- _Assignment_:
Some entries follow. Reproduce exactly the lines starting at the one with "let last = about.units - 1;" and stopping after the one with "is then dropped.".

Stored items:
• • • • • • •
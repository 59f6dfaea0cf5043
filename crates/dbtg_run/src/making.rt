//! How a database is made: its table with all cells at home, and a seat there for each of its units.
ghost use Rattle.std.specs.Prelude.{◌≡◌, ◌<◌, ◌≤◌, [], false, length, map, Some, All, IfOk};
ghost use Rattle.dbtg_schema.specs.Sound.{IsSound};
ghost use Rattle.dbtg_unit.specs.Database.State.Units.{opening_unit};
ghost use Rattle.dbtg_run.specs.Inside.LatchRule.{first_view};
ghost use Rattle.dbtg_run.specs.Inside.Posed.{posed, IsSized};
ghost use Rattle.dbtg_run.specs.UnitView.{BelongsTo, opening_view, opening_views};

use crate::database::Database;
use crate::rule::{Board, Chair};
use crate::seats::cut_off;
use crate::unit::RunUnit;
use crate::view::About;
use crate::work::Work;
use dbtg_cells::{Cell, Owners, cell_count};
use dbtg_schema::Schema;
use dbtg_step::{opening_cells, opening_unit};
use dbtg_unit::Held;
use std::alloc::{AllocError, Global};
use std::snapshot::Snapshot;

// A copy of what a unit knows of its database.
fn told(about: &About, schema: &Schema) -> About
    requires { about.now.schema.value ≡ schema.now }
    ensures { result ≡ about.now }
{
    About {
        schema: Snapshot::of(schema),
        capacity: about.capacity,
        units: about.units,
    }
}

// The slots with these cells at home.
fn slots_of(alloc: Global, cells: Vec<Cell>) -> Result<Vec<Option<Cell>>, AllocError>
    ensures { IfOk result (λ slots. slots.items ≡ map Some cells.items) }
{
    let mut slots = Vec::with_capacity(alloc, cells.len())?;
    for cell in cells {
        slots.push(Some(cell))?;
    }
    Ok(slots)
}

// The table before the first step, with all its words 0, and the one seat there, which has all units.
fn lay(alloc: Global, schema: &Schema, about: &About) -> Result<(Board, Chair), AllocError>
    requires same { about.now.schema.value ≡ schema.now }
    requires sound { IsSound schema.now }
    requires few { about.now.units ≤ 8 }
    ensures { IfOk result (λ t. IsSized about.now t.0.shared.table_id × (t.0.shared.key ≡ about.now) × (t.1.table_id ≡ t.0.shared.table_id) × (t.1.me ≡ (first_view about.now, []))) }
{
    let count = 1 + schema.areas().len() + cell_count(schema, about.capacity);
    let words = Vec::from_elem(alloc, 0u64, count)?;
    let cells = opening_cells(alloc, schema, about.capacity)?;
    let slots = slots_of(alloc, cells)?;
    let Ok((board, seat)) = Board::new(alloc, words.as_slice(), slots, about) else {
        return Err(AllocError);
    };
    Ok((board, seat))
}

// The unit with this number before its first statement, with a seat of its own.
fn newcomer(
    alloc: Global,
    schema: &Schema,
    about: &About,
    number: u8,
    seat: Chair,
) -> Result<RunUnit, AllocError>
    requires same { about.now.schema.value ≡ schema.now }
    requires sound { IsSound schema.now }
    requires number { (0 < number) × (number ≤ about.now.units) × (about.now.units ≤ 8) }
    requires seat { seat.me ≡ posed about.now (opening_unit about.now.schema.value number) [] false (record { areas = []; cells = []; guesses = [] }) }
    ensures { IfOk result (λ u. u ≡ opening_view seat.table_id about.now number) }
{
    let unit = opening_unit(alloc, schema, number)?;
    let guesses = Owners::none(schema.sets().len());
    let work = Work {
        about: told(about, schema),
        unit,
        journal: Vec::new(alloc),
        exclusive: false,
        held: Held::new(alloc, guesses),
        seat,
    };
    RunUnit::of(alloc, work)
}

// The units before their first statements, each with a seat that is cut off from the first. The last unit has the first seat: a seat
// is for one thread, so the database keeps none.
fn seat_units(
    alloc: Global,
    schema: &Schema,
    board: &Board,
    about: &About,
    first: Chair,
) -> Result<Vec<RunUnit>, AllocError>
    requires same { about.now.schema.value ≡ schema.now }
    requires sound { IsSound schema.now }
    requires units { (1 ≤ about.now.units) × (about.now.units ≤ 8) }
    requires keyed { board.now.shared.key ≡ about.now }
    requires sized { IsSized about.now board.now.shared.table_id }
    requires table { first.table_id ≡ board.now.shared.table_id }
    requires seat { first.me ≡ (first_view about.now, []) }
    ensures { IfOk result (λ units. units.items ≡ opening_views board.now.shared.table_id about.now about.now.units) }
{
    let mut rest = first;
    let mut made = Vec::with_capacity(alloc, about.units as usize)?;
    let last = about.units - 1;
    for place in 0..last {
        let seat = cut_off(&board.shared, &mut rest);
        let unit = newcomer(alloc, schema, about, place + 1, seat)?;
        made.push_reserved(unit);
    }
    let unit = newcomer(alloc, schema, about, about.units, rest)?;
    made.push_reserved(unit);
    Ok(made)
}

// The table with all cells at home, and its units.
fn furnish(
    alloc: Global,
    schema: &Schema,
    about: &About,
) -> Result<(Board, Vec<RunUnit>), AllocError>
    requires same { about.now.schema.value ≡ schema.now }
    requires sound { IsSound schema.now }
    requires units { (1 ≤ about.now.units) × (about.now.units ≤ 8) }
    ensures sized { IfOk result (λ t. IsSized about.now t.0.shared.table_id × (t.0.shared.key ≡ about.now)) }
    ensures units { IfOk result (λ t. t.1.items ≡ opening_views t.0.shared.table_id about.now about.now.units) }
{
    let (board, seat) = lay(alloc, schema, about)?;
    let made = seat_units(alloc, schema, &board, about, seat)?;
    Ok((board, made))
}

impl Database {
    /// A database of this schema before its first statement, and its run-units in the order of their numbers, starting with 1.
    /// There are 1 to 8 units. The capacity is the greatest number that a record of a type can have, and may be any.
    /// The error means that memory was refused; everything that was made is then dropped.
    pub fn make(
        alloc: Global,
        schema: Schema,
        capacity: u16,
        units: u8,
    ) -> Result<(Database, Vec<RunUnit>), AllocError>
        requires sound { IsSound schema }
        requires units { (1 ≤ units) × (units ≤ 8) }
        ensures database { IfOk result (λ t. (t.0.schema ≡ schema) × (t.0.about.capacity ≡ capacity) × (t.0.about.units ≡ units)) }
        ensures units { IfOk result (λ t. t.1.items ≡ opening_views t.0.board.shared.table_id t.0.about units) }
        ensures belong { IfOk result (λ t. All (BelongsTo t.0) t.1.items) }
        ensures count { IfOk result (λ t. length t.1.items ≡ units) }
    {
        let about = About {
            schema: Snapshot::of(&schema),
            capacity,
            units,
        };
        let (board, units) = furnish(alloc, &schema, &about)?;
        let database = Database {
            board,
            schema,
            about,
        };
        Ok((database, units))
    }
}
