//! The steps on the table: eight kinds that change a word or a view, and two loads. What a seat knows after each is its
//! clause `then` (specs/Inside/LatchRule). For each there is one public lemma in proofs/, which says that the step keeps the rule:
//!
//! | Step | Lemma | Made by |
//! |---|---|---|
//! | a look at an area's word, which changes nothing | `Steps.looks_at_area` | `Work::take_shared` |
//! | an area is taken beside others | `Steps.takes_area_shared` | `Work::take_shared` |
//! | an area is taken alone | `Steps.takes_area_alone` | `Work::take_alone` |
//! | a cell is taken, with its slot | `CellSteps.takes_cell` | `Work::take_cell` |
//! | a ticket is drawn: the one step that changes the history | `Tickets.draws` | `Work::commit` |
//! | a cell is put back | `CellSteps.puts_cell` | `Work::put_cell` |
//! | an area is left | `Steps.leaves_area` | `Work::leave_area` |
//! | a seat is cut from another | `Ends.splits` | `cut_off` |
//! | a seat joins another | `Ends.joins` | `join_to` |
//! | the seat of all units learns the history | `Ends.learns` | `learn` |
ghost use Rattle.std.specs.Prelude.{ℕ, List, [], true, false, None};
ghost use Rattle.dbtg_cells.specs.declared.cell.Cell.{Cell};
ghost use Rattle.dbtg_cells.specs.declared.name.CellName.{CellName};
ghost use Rattle.dbtg_unit.specs.declared.statement.Statement.{Statement};
ghost use Rattle.dbtg_unit.specs.declared.unit.Answer.{Answer};
ghost use Rattle.dbtg_unit.specs.declared.unit.Status.TheVariants.{Done};
ghost use Rattle.dbtg_unit.specs.declared.unit.Unit.{Unit};
ghost use Rattle.dbtg_run.specs.Inside.LatchRule.{LooksAtArea, TakesArea, LeavesArea, TakesCell, PutsCell, Draws, Learns, others_of, one_of, gathered, vacated};

use crate::view::SeatKnowledge;
use atomic_table::{Join, Play, Split};
use dbtg_cells::Cell;
use std::marker::{Brand, PhantomData};

/// A look at an area's word.
pub struct LookAtArea;

impl Play<Option<Cell>, SeatKnowledge> for LookAtArea {
    ghost then = { LooksAtArea };
}

/// An area is taken beside others that share it.
pub struct TakeShared;

impl Play<Option<Cell>, SeatKnowledge> for TakeShared {
    ghost then = { TakesArea false };
}

/// An area is taken that no other unit has.
pub struct TakeAlone;

impl Play<Option<Cell>, SeatKnowledge> for TakeAlone {
    ghost then = { TakesArea true };
}

/// The area that was taken last is left, while no cell is held.
pub struct LeaveArea;

impl Play<Option<Cell>, SeatKnowledge> for LeaveArea {
    ghost then = { LeavesArea };
}

/// A cell that is at home is taken.
pub struct TakeCell;

impl Play<Option<Cell>, SeatKnowledge> for TakeCell {
    ghost then = { TakesCell };
}

/// The cell that was taken last is put back, with the value that the database has.
pub struct PutCell;

impl Play<Option<Cell>, SeatKnowledge> for PutCell {
    ghost then = { PutsCell };
}

/// The result of a statement. The call that draws the ticket determines it.
pub trait Picked {
    ghost statement: { Statement };

    ghost answer: { Answer };

    ghost unit: { Unit };

    ghost held: { List (CellName × Cell) };
}

impl Picked for Brand {
    ghost statement = { Statement.Keep };

    ghost answer = { record { status = Done; key = None; items = None } };

    ghost unit = { record { number = 0; currency = record { run_unit = None; types = []; areas = []; sets = [] }; modes = []; kept = [] } };

    ghost held = { [] };
}

/// A ticket is drawn for a statement that has everything that it needs. From then on its cells are held with their new values.
pub struct Draw<O> {
    picked: PhantomData<O>,
}

impl<O: Picked> Play<Option<Cell>, SeatKnowledge> for Draw<O> {
    ghost then = { Draws O.statement O.answer O.unit O.held };
}

/// Loads the ticket counter. A seat with all units learns their history from it.
pub struct Learn;

impl Play<Option<Cell>, SeatKnowledge> for Learn {
    ghost then = { Learns };
}

/// The first unit of a seat gets a seat of its own.
pub struct OneOff;

impl Split<SeatKnowledge> for OneOff {
    ghost left = { others_of };

    ghost right = { one_of };
}

/// A seat takes in the units of another.
pub struct Gather;

impl Join<SeatKnowledge> for Gather {
    ghost both = { gathered };

    ghost spent = { vacated };
}
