//! A run-unit as callers see it. Between statements it holds nothing.
ghost use Rattle.std.specs.Prelude.{◌≡◌, ◌<◌, [], Bool, IfOk};
ghost use Rattle.dbtg_run.specs.Inside.Posed.{IsOurs};
ghost use Rattle.dbtg_run.specs.Inside.Settling.{resting};
ghost use Rattle.dbtg_run.specs.Inside.Views.{lone};
ghost use Rattle.dbtg_run.specs.Inside.Works.{IsAtWork};

use crate::rule::Chair;
use crate::view::About;
use crate::work::Work;
use dbtg_unit::{Currency, Entry, Kept};
use std::alloc::{AllocError, Global};
use std::marker::Model;

/// A run-unit of a database. It belongs to the database that made it, and contracts see which one by its table.
pub struct RunUnit {
    // In a box: a unit is handed from function to function and from thread to thread, and would take 2.6 KB of each one's stack.
    pub(crate) work: Box<Work>,
}

impl Drop for RunUnit {
    fn drop(self) {
        let Self { work: _ } = self;
    }
}

impl Model for RunUnit {
    ghost use Rattle.dbtg_run.specs.Inside.Works.{IsAtWork};
    ghost use Rattle.std.specs.Prelude.{◌≡◌, []};
    ghost use Rattle.dbtg_run.specs.UnitView.{UnitView};

    ghost Value = { UnitView };

    ghost view = { λ r. record { table = r.work.value.seat.table_id; about = r.work.value.about; unit = r.work.value.unit; journal = r.work.value.journal.items } };

    ghost invariant = { λ r. ((r.work.value.held.areas ≡ []) × (r.work.value.held.cells ≡ [])) × IsAtWork r.work.value };
}

impl RunUnit {
    // The run-unit of a unit at work, which holds nothing.
    pub(crate) fn of(alloc: Global, work: Work) -> Result<Self, AllocError>
        requires idle { (work.held.areas ≡ []) × (work.held.cells ≡ []) }
        requires work { IsAtWork work }
        ensures { IfOk result (λ unit. unit ≡ record { table = work.seat.table_id; about = work.about; unit = work.unit; journal = work.journal.items }) }
    {
        Ok(Self {
            work: Box::new(alloc, work)?,
        })
    }

    /// The number, from 1 on.
    pub fn number(&self) -> u8
        ensures { result ≡ self.now.unit.number }
    {
        self.work.unit.number
    }

    pub fn currency(&self) -> &Currency
        ensures { result.now ≡ self.now.unit.currency }
    {
        &self.work.unit.currency
    }

    /// The records that the unit keeps, with their versions.
    pub fn kept(&self) -> &Kept
        ensures { result.now ≡ self.now.unit.kept }
    {
        &self.work.unit.kept
    }

    /// The statements that the unit has done, in their order.
    pub fn journal(&self) -> &[Entry]
        ensures { result.now ≡ self.now.journal }
    {
        self.work.journal.as_slice()
    }

    // What the database was made with, whose schema is sound.
    pub(crate) fn about(&self) -> &About
        ensures about { result.now ≡ self.now.about }
        ensures ours { IsOurs self.now.about self.now.unit }
    {
        &self.work.about
    }

    // The unit's seat and its journal alone.
    pub(crate) fn into_parts(self) -> (Chair, Vec<Entry>)
        ensures table { result.0.table_id ≡ self.table }
        ensures numbered { 0 < self.unit.number }
        ensures seat { (x : Bool) × (result.0.me ≡ (lone self.about (resting (self, x)), [])) }
        ensures journal { result.1.items ≡ self.journal }
    {
        let Self { work } = self;
        let Work { seat, journal, .. } = Box::into_inner(work);
        (seat, journal)
    }

    // Takes room for this many more entries, if it can be had.
    pub(crate) fn make_room(&mut self, entries: usize)
        ensures { self.new ≡ self.old }
    {
        drop(self.work.journal.reserve(entries));
    }
}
• • • • • • •
- _Expected answer_:
    let last = about.units - 1;
    for place in 0..last {
        let seat = cut_off(&board.shared, &mut rest);
        let unit = newcomer(alloc, schema, about, place + 1, seat)?;
        made.push_reserved(unit);
    }
    let unit = newcomer(alloc, schema, about, about.units, rest)?;
    made.push_reserved(unit);
    Ok(made)
}

// The table with all cells at home, and its units.
fn furnish(
    alloc: Global,
    schema: &Schema,
    about: &About,
) -> Result<(Board, Vec<RunUnit>), AllocError>
    requires same { about.now.schema.value ≡ schema.now }
    requires sound { IsSound schema.now }
    requires units { (1 ≤ about.now.units) × (about.now.units ≤ 8) }
    ensures sized { IfOk result (λ t. IsSized about.now t.0.shared.table_id × (t.0.shared.key ≡ about.now)) }
    ensures units { IfOk result (λ t. t.1.items ≡ opening_views t.0.shared.table_id about.now about.now.units) }
{
    let (board, seat) = lay(alloc, schema, about)?;
    let made = seat_units(alloc, schema, &board, about, seat)?;
    Ok((board, made))
}

impl Database {
    /// A database of this schema before its first statement, and its run-units in the order of their numbers, starting with 1.
    /// There are 1 to 8 units. The capacity is the greatest number that a record of a type can have, and may be any.
    /// The error means that memory was refused; everything that was made is then dropped.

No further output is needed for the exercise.